Please copy the lines below exactly, from the first one through the line showing "impl From<AllocError> for".

Dataset entries

- - -

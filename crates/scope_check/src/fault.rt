ghost use Rattle.std.specs.Prelude.{◌≡◌};
ghost use Rattle.scope_check.specs.declared.fault.ScopeFault.TheVariants.{NoMemory};

use stab_base::NoMemory as NoRoom;
use std::alloc::{AllocError, AllocFailed};

/// Why a syntax isn't a program. A place is the first byte of a name or text, counted from 0, and a length is a name's, in bytes.
#[derive(Clone, Copy, Debug, PartialEq, Eq)]
pub enum ScopeFault {
    /// No function is called `main`.
    NoMain,
    /// The function `main` has a parameter.
    MainTakes,
    /// The name of a function that an earlier one has, or of a parameter that an earlier one of the function has: its place
    /// and length.
    Twice(u32, u32),
    /// A name that isn't in scope: its place and length.
    Unknown(u32, u32),
    /// The name of a function that takes another number of arguments.
    Arity(u32),
    /// The 1,001st function, the ninth parameter of one, the 201st let of one, or the 1,001st text that no earlier one is
    /// equal to.
    TooMany(u32),
    /// Out of memory.
    NoMemory,
}

impl From<AllocError> for ScopeFault {
    ghost from_gives = { λ _ fault. fault ≡ NoMemory };

    fn from(_refused: AllocError) -> ScopeFault {
        ScopeFault::NoMemory
    }
}

impl<T: Drop> From<AllocFailed<T>> for ScopeFault {
    ghost from_gives = { λ _ fault. fault ≡ NoMemory };

    fn from(_refused: AllocFailed<T>) -> ScopeFault {
        ScopeFault::NoMemory
    }
}

impl From<NoRoom> for ScopeFault {
    ghost from_gives = { λ _ fault. fault ≡ NoMemory };

    fn from(_refused: NoRoom) -> ScopeFault {
        ScopeFault::NoMemory
    }
}
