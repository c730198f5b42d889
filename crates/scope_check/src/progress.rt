//! What was made and met so far, going through a program's bodies.
ghost use Rattle.std.specs.Prelude.{◌≡◌, ◌≤◌, None, length, replicate};
ghost use Rattle.scope_check.specs.Limits.{max_lets, max_texts};

use crate::seen::Variable;
use indexmap::IndexSet;
use stab_code::{Head, Slots};

/// What was made so far of a program, the heads of its nodes and its texts, and of a function: how many lets it has, and the
/// variables that are seen, the innermost last. The slots of the last block without lets are kept, since the next one may share them.
#[derive(Drop)]
pub struct Progress {
    pub heads: Vec<Head>,
    pub texts: IndexSet<Vec<u8>>,
    pub seen: Vec<Variable>,
    pub lets: usize,
    pub nones: Slots,
    ghost few_lets: { lets ≤ max_lets },
    ghost few_texts: { length texts.keys ≤ max_texts },
    ghost no_lets: { nones ≡ replicate (length nones) None },
}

- - -

_Task result_:
filename crates/scope_check/src/fault.rt
ghost use Rattle.std.specs.Prelude.{◌≡◌};
ghost use Rattle.scope_check.specs.declared.fault.ScopeFault.TheVariants.{NoMemory};

use stab_base::NoMemory as NoRoom;
use std::alloc::{AllocError, AllocFailed};

/// Why a syntax isn't a program. A place is the first byte of a name or text, counted from 0, and a length is a name's, in bytes.
#[derive(Clone, Copy, Debug, PartialEq, Eq)]
pub enum ScopeFault {
    /// No function is called `main`.
    NoMain,
    /// The function `main` has a parameter.
    MainTakes,
    /// The name of a function that an earlier one has, or of a parameter that an earlier one of the function has: its place
    /// and length.
    Twice(u32, u32),
    /// A name that isn't in scope: its place and length.
    Unknown(u32, u32),
    /// The name of a function that takes another number of arguments.
    Arity(u32),
    /// The 1,001st function, the ninth parameter of one, the 201st let of one, or the 1,001st text that no earlier one is
    /// equal to.
    TooMany(u32),
    /// Out of memory.
    NoMemory,
}

impl From<AllocError> for ScopeFault {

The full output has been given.